Thursday, October 28, 2010

Funimation's New Release Format

Funimation has decided to return to offering collector editions for anime titles starting in January, which will include a rigid box and a premium item. These premium editions will be available for the FIRST PRESSING ONLY and cost US$5 more than the regular editions that will be a plain cardstock box, slim case DVDs, and no premium item.

The first batch of premium first pressings include:

Black Butler Season 1 Part 1 DVD Collection (Eps #1-12)
Premium Item: TBA

Phantom: Requiem for the Phantom DVD Collection #1 (Eps #1-13)
Premium Item: A bullet chain necklace

Sacred Blacksmith Complete Collection DVD Boxed Set (Eps #1-12)
Premium Item: 32-page art booklet with centerfold

The two editions will be created for complete 13-episode series releases and for the "Part 1" of two-part (24 or 26 episode) series releases.

We will be shipping the new premium sets to all customers who pre-order these titles, and then whatever we have leftover until they are sold out, at which time we will switch to the standard editions at the slightly lower price, but we won't be offering the standard editions for sale until the premium edition is sold out.

In addition to the new premium sets, Funi will launch a new line for its anime titles called "Anime Classics." This will become their other 'end of life' label and will take it's place beside their S.A.V.E. edition economy sets as the final and last stage release version of a series. The first title under this label will be the Gantz boxed set being released in January.

3 comments:

rossalthor said...

I think NIS reminded everyone of what the consumer used to take for granted and now misses.

Ben said...

You know what I miss? Those big, bulky plastic cases that was used for boxed sets of various ADV and Bandai-licensed series back in the earlier part of the decade. You know, cases with fasteners that held on to the discs and didn't break so easily or require stacking discs on top of one another? At what point did we get stuck with paper cases and easily-breakable containers? (I'd guess around 2008.)

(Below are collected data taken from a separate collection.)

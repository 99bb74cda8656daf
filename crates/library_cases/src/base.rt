//! Cases `texts` and `on-file`: how two texts stand to one another, and a diagnostic on a whole file.

use crate::conditions::at_blank;
use case_files::{Case, CaseFault, Wrong, number_of};
use case_texts::{line, push_diag};
use cm_base::{Diag, NoMemory, Text};
use std::alloc::Global;
use std::cmp::Ordering;

/// The text before a bar, and the text behind it.
fn at_bar(text: &[u8]) -> Option<(&[u8], &[u8])> {
    match text.iter().position(|byte| *byte == b'|') {
        Some(at) => Some((&text[..at], &text[at + 1..])),
        None => None,
    }
}

/// How the first of two texts stands to the second, in a word.
fn order_of(alloc: Global, first: &[u8], second: &[u8]) -> Result<Vec<u8>, NoMemory> {
    let first = Text::from_bytes(alloc, first)?;
    let second = Text::from_bytes(alloc, second)?;
    match first.cmp(&second) {
        Ordering::Less => line(alloc, b"before"),
        Ordering::Equal => line(alloc, b"same"),
        Ordering::Greater => line(alloc, b"behind"),
    }
}

/// How the text before a bar stands to the text behind it.
pub fn ordered(alloc: Global, case: &Case, text: &Text) -> Result<Vec<u8>, CaseFault> {
    match at_bar(text.as_bytes()) {
        Some((first, second)) => Ok(order_of(alloc, first, second)?),
        None => Err(CaseFault::Wrong(case.line, Wrong::Words)),
    }
}

/// The line of a diagnostic of this number on a file.
fn diag_line(alloc: Global, number: u8, file: &[u8]) -> Result<Vec<u8>, NoMemory> {
    let file = Text::from_bytes(alloc, file)?;
    let mut out = Vec::new(alloc);
    push_diag(alloc, &mut out, &Diag::on_file(alloc, number, &file)?)?;
    Ok(out)
}

/// The number and the file of a diagnostic.
fn number_and_file(text: &[u8]) -> Option<(u8, &[u8])> {
    let (number, file) = at_blank(text)?;
    Some((u8::try_from(number_of(number)?).ok()?, file))
}

/// The diagnostic of a number on a file.
pub fn on_file(alloc: Global, case: &Case, text: &Text) -> Result<Vec<u8>, CaseFault> {
    match number_and_file(text.as_bytes()) {
        Some((number, file)) => Ok(diag_line(alloc, number, file)?),
        None => Err(CaseFault::Wrong(case.line, Wrong::Words)),
    }
}
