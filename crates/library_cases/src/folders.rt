//! Cases `sure-folder` and `folder`: the calls of folders in memory, by steps.

use crate::plans::plan_of;
use case_files::{Part, number_of, push_parts};
use case_texts::{Scene, line};
use cm_base::{Folder, FolderFault, List, MemFolder, NoMemory, SureFolder, Text};
use std::alloc::Global;

/// A folder that doesn't fail.
#[derive(Drop)]
pub struct SureScene {
    pub folder: SureFolder,
}

/// A folder with a plan of failing calls.
#[derive(Drop)]
pub struct MemScene {
    pub folder: MemFolder,
}

/// How a call ended that has no other answer.
fn done(alloc: Global, end: Result<(), FolderFault>) -> Result<Vec<u8>, NoMemory> {
    match end {
        Ok(()) => line(alloc, b"ok"),
        Err(FolderFault::Failed) => line(alloc, b"folder fault"),
        Err(FolderFault::NoMemory) => Err(NoMemory),
    }
}

/// What a read answers, into a buffer that held something.
fn read<F: Folder>(
    alloc: Global,
    folder: &mut F,
    path: &Text,
    max: u32,
) -> Result<Vec<u8>, NoMemory> {
    let mut into = Vec::from_slice(alloc, b"old")?;
    match folder.read(alloc, path, max, &mut into) {
        Ok(is_there) => {
            let mut out = Vec::new(alloc);
            let parts = [
                Part::Text(if is_there { b"file <" } else { b"none <" }),
                Part::Text(into.as_slice()),
                Part::Text(b">\n"),
            ];
            push_parts(alloc, &mut out, &parts)?;
            Ok(out)
        }
        Err(fault) => done(alloc, Err(fault)),
    }
}

/// A line of paths.
fn paths_line(alloc: Global, paths: &[Text]) -> Result<Vec<u8>, NoMemory> {
    let mut out = Vec::new(alloc);
    push_parts(alloc, &mut out, &[Part::Text(b"paths")])?;
    for path in paths {
        push_parts(
            alloc,
            &mut out,
            &[Part::Text(b" "), Part::Text(path.as_bytes())],
        )?;
    }
    push_parts(alloc, &mut out, &[Part::Text(b"\n")])?;
    Ok(out)
}

/// What a listing answers, into a list that held something.
fn list<F: Folder>(alloc: Global, folder: &mut F, prefix: &Text) -> Result<Vec<u8>, NoMemory> {
    let mut into = List::new(alloc);
    into.add(Text::from_bytes(alloc, b"old")?)?;
    match folder.list(alloc, prefix, &mut into) {
        Ok(()) => paths_line(alloc, into.as_slice()),
        Err(fault) => done(alloc, Err(fault)),
    }
}

/// What a call answers that each folder has.
fn called<F: Folder>(
    alloc: Global,
    folder: &mut F,
    step: &[u8],
    words: &[Text],
) -> Result<Option<Vec<u8>>, NoMemory> {
    match (step, words) {
        (b"write", [path, bytes]) => {
            let end = folder.write(alloc, path, bytes.as_bytes());
            Ok(Some(done(alloc, end)?))
        }
        (b"read", [path, max]) => match number_of(max.as_bytes()) {
            Some(max) => Ok(Some(read(alloc, folder, path, max)?)),
            None => Ok(None),
        },
        (b"remove", [path]) => {
            let end = folder.remove(alloc, path);
            Ok(Some(done(alloc, end)?))
        }
        (b"list", [prefix]) => Ok(Some(list(alloc, folder, prefix)?)),
        _ => Ok(None),
    }
}

/// The line of what stands at a path.
fn found(alloc: Global, file: Option<&[u8]>) -> Result<Vec<u8>, NoMemory> {
    let Some(bytes) = file else {
        return line(alloc, b"none");
    };
    let mut out = Vec::new(alloc);
    push_parts(
        alloc,
        &mut out,
        &[Part::Text(b"file <"), Part::Text(bytes), Part::Text(b">\n")],
    )?;
    Ok(out)
}

impl Scene for SureScene {
    fn answer(
        &mut self,
        alloc: Global,
        step: &[u8],
        words: &[Text],
    ) -> Result<Option<Vec<u8>>, NoMemory> {
        match (step, words) {
            (b"get", [path]) => Ok(Some(found(alloc, self.folder.get(path))?)),
            (b"take", [path]) => {
                self.folder.take(path);
                Ok(Some(line(alloc, b"ok")?))
            }
            (b"put", [path, bytes]) => {
                self.folder.put(path, bytes.as_bytes())?;
                Ok(Some(line(alloc, b"ok")?))
            }
            _ => called(alloc, &mut self.folder, step, words),
        }
    }
}

/// How often each call was made, and how many failed.
fn counts(alloc: Global, folder: &MemFolder) -> Result<Vec<u8>, NoMemory> {
    let mut out = Vec::new(alloc);
    let parts = [
        Part::Number(folder.calls.reads),
        Part::Text(b" reads "),
        Part::Number(folder.calls.writes),
        Part::Text(b" writes "),
        Part::Number(folder.calls.removes),
        Part::Text(b" removes "),
        Part::Number(folder.calls.lists),
        Part::Text(b" lists "),
        Part::Number(folder.faults),
        Part::Text(b" faults\n"),
    ];
    push_parts(alloc, &mut out, &parts)?;
    Ok(out)
}

impl MemScene {
    /// Makes a plan of failing calls.
    fn plan(&mut self, alloc: Global, words: &[Text]) -> Result<Option<Vec<u8>>, NoMemory> {
        match plan_of(alloc, words)? {
            Some(plan) => {
                self.folder.fail(plan);
                Ok(Some(line(alloc, b"ok")?))
            }
            None => Ok(None),
        }
    }

    /// Puts a file without a call.
    fn put(&mut self, alloc: Global, path: &Text, bytes: &Text) -> Result<Vec<u8>, NoMemory> {
        self.folder.put(path, bytes.as_bytes())?;
        line(alloc, b"ok")
    }
}

impl Scene for MemScene {
    fn answer(
        &mut self,
        alloc: Global,
        step: &[u8],
        words: &[Text],
    ) -> Result<Option<Vec<u8>>, NoMemory> {
        match (step, words) {
            (b"plan", plan) => self.plan(alloc, plan),
            (b"counts", []) => Ok(Some(counts(alloc, &self.folder)?)),
            (b"writes", []) => Ok(Some(paths_line(alloc, self.folder.writes().as_slice())?)),
            (b"get", [path]) => Ok(Some(found(alloc, self.folder.get(path))?)),
            (b"put", [path, bytes]) => Ok(Some(self.put(alloc, path, bytes)?)),
            _ => called(alloc, &mut self.folder, step, words),
        }
    }
}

*Sigh!* I miss the good old days...

Robert said...

While Funi is trying to accomplish two things with these:

1) Bring some value back into DVD releases for collectors.

2) Increase up front margins and sell through volumes on these releases.

I'm glad they are doing it. The biggest complaint that I hear, well, maybe the second biggest, is about the current lack of quality in DVD packaging.